### WHAT YOU SHOULD DO
Your answer should repeat every record verbatim.

Data entries:
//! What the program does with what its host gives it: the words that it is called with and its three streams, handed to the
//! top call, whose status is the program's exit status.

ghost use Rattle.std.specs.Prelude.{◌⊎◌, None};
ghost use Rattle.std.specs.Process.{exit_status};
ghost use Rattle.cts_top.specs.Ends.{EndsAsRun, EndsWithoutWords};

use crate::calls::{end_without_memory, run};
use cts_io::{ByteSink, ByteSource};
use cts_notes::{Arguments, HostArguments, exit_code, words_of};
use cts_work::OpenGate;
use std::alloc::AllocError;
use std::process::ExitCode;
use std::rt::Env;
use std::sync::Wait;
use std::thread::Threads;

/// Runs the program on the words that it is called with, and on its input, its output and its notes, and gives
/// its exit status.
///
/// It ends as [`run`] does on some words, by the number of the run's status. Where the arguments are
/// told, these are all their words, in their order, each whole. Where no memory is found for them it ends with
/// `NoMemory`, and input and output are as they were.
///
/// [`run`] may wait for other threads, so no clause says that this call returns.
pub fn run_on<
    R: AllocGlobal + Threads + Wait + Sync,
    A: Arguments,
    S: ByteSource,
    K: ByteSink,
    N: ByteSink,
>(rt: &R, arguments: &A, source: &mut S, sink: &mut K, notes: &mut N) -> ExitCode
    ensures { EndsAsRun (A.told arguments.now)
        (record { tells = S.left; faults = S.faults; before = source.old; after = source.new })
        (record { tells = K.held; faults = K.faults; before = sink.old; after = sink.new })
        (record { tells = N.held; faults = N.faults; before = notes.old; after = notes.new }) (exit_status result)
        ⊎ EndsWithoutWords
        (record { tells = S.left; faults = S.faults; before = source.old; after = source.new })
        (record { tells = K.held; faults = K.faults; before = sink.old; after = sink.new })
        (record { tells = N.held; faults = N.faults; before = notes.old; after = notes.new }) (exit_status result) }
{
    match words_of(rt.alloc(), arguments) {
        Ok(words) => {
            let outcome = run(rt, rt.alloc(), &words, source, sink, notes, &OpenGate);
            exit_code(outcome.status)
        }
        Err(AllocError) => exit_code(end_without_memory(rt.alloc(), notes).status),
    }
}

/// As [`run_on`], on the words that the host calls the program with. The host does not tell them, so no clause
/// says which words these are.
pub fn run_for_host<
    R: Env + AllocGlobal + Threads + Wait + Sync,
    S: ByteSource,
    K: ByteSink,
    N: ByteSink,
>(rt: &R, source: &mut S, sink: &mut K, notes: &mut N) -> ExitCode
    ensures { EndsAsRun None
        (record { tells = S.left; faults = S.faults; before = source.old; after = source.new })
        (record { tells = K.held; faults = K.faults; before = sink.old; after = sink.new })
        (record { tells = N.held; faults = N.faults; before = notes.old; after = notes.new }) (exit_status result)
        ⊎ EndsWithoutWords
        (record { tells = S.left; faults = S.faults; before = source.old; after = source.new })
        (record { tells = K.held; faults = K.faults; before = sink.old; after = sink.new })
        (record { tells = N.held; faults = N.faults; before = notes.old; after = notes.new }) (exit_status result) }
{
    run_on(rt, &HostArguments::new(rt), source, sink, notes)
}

### RESULT OF THE TASK
//! What the program does with what its host gives it: the words that it is called with and its three streams, handed to the
//! top call, whose status is the program's exit status.

ghost use Rattle.std.specs.Prelude.{◌⊎◌, None};
ghost use Rattle.std.specs.Process.{exit_status};
ghost use Rattle.cts_top.specs.Ends.{EndsAsRun, EndsWithoutWords};

use crate::calls::{end_without_memory, run};
use cts_io::{ByteSink, ByteSource};
use cts_notes::{Arguments, HostArguments, exit_code, words_of};
use cts_work::OpenGate;
use std::alloc::AllocError;
use std::process::ExitCode;
use std::rt::Env;
use std::sync::Wait;
use std::thread::Threads;

/// Runs the program on the words that it is called with, and on its input, its output and its notes, and gives
/// its exit status.
///
/// It ends as [`run`] does on some words, by the number of the run's status. Where the arguments are
/// told, these are all their words, in their order, each whole. Where no memory is found for them it ends with
/// `NoMemory`, and input and output are as they were.
///
/// [`run`] may wait for other threads, so no clause says that this call returns.
pub fn run_on<
    R: AllocGlobal + Threads + Wait + Sync,
    A: Arguments,
    S: ByteSource,
    K: ByteSink,
    N: ByteSink,
>(rt: &R, arguments: &A, source: &mut S, sink: &mut K, notes: &mut N) -> ExitCode
    ensures { EndsAsRun (A.told arguments.now)
        (record { tells = S.left; faults = S.faults; before = source.old; after = source.new })
        (record { tells = K.held; faults = K.faults; before = sink.old; after = sink.new })
        (record { tells = N.held; faults = N.faults; before = notes.old; after = notes.new }) (exit_status result)
        ⊎ EndsWithoutWords
        (record { tells = S.left; faults = S.faults; before = source.old; after = source.new })
        (record { tells = K.held; faults = K.faults; before = sink.old; after = sink.new })
        (record { tells = N.held; faults = N.faults; before = notes.old; after = notes.new }) (exit_status result) }
{
    match words_of(rt.alloc(), arguments) {
        Ok(words) => {
            let outcome = run(rt, rt.alloc(), &words, source, sink, notes, &OpenGate);
            exit_code(outcome.status)
        }
        Err(AllocError) => exit_code(end_without_memory(rt.alloc(), notes).status),
    }
}

/// As [`run_on`], on the words that the host calls the program with. The host does not tell them, so no clause
/// says which words these are.
pub fn run_for_host<
    R: Env + AllocGlobal + Threads + Wait + Sync,
    S: ByteSource,
    K: ByteSink,
    N: ByteSink,
>(rt: &R, source: &mut S, sink: &mut K, notes: &mut N) -> ExitCode
    ensures { EndsAsRun None
        (record { tells = S.left; faults = S.faults; before = source.old; after = source.new })
        (record { tells = K.held; faults = K.faults; before = sink.old; after = sink.new })
        (record { tells = N.held; faults = N.faults; before = notes.old; after = notes.new }) (exit_status result)
        ⊎ EndsWithoutWords
        (record { tells = S.left; faults = S.faults; before = source.old; after = source.new })
        (record { tells = K.held; faults = K.faults; before = sink.old; after = sink.new })
        (record { tells = N.held; faults = N.faults; before = notes.old; after = notes.new }) (exit_status result) }
{
    run_on(rt, &HostArguments::new(rt), source, sink, notes)
}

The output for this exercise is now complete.